That being said, I put a TON of hours on my buddy's 07 waterman and it was like a completely different boat. It handled chop a lot better and it seemed to be a tad bit less tippy. However, it did draft about an inch or so more and took just a little bit more effort on the pole compared to my BT. 

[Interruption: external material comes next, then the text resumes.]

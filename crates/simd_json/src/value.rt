//! What a parse returns.

pub mod tape;

pub use tape::pointer;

Comparing the 2 boats is like comparing a Ferrari to a Toyota though. The Gordon (HB) is a much nicer boat and offered a better ride. We got trapped in some nasty stoms and had to ride in about 1.5-3 ft rollers in his waterman and it handled it really well. 

Hope this helps


----------



## cosgrcs (Mar 11, 2012)

I went down to islamarida to check out that 16' CC whip last weekend. It's a nice boat boat it has some issues. I decided to pass on it. The hull has been modified to make it run a little better but it was still really wet and you could not get the bown down no matter how much tab you put into it with 2 people behind the console.


----------



## horseshoe_scott (Mar 30, 2011)

Thanks for that, I've been looking at that same boat. The only reason I didn't go down and check it out was because it wasn't an 18 footer. That new 2014 Hpx 17 Version 2 has me really intrigued :-/


----------



## Chasintail22 (Jun 22, 2009)

> Thanks for that, I've been looking at that same boat. The only reason I didn't go down and check it out was because it wasn't an 18 footer.  That new 2014 Hpx 17 Version 2 has me really intrigued :-/


Yep definitely stick with the 18 footer, especially if you plan on fishing 3 out of it. I've fished 3 out of an older Whipray with no problem, but the deck space on a Waterman or Pro is definitely worth having and makes things much more comfortable. Plus the extra 1.5 feet of length will help when it comes to running in some chop. Also, the 18 Waterman has the sponsons on the rear which will keep the boat a bit more stable and will help it plane quicker. 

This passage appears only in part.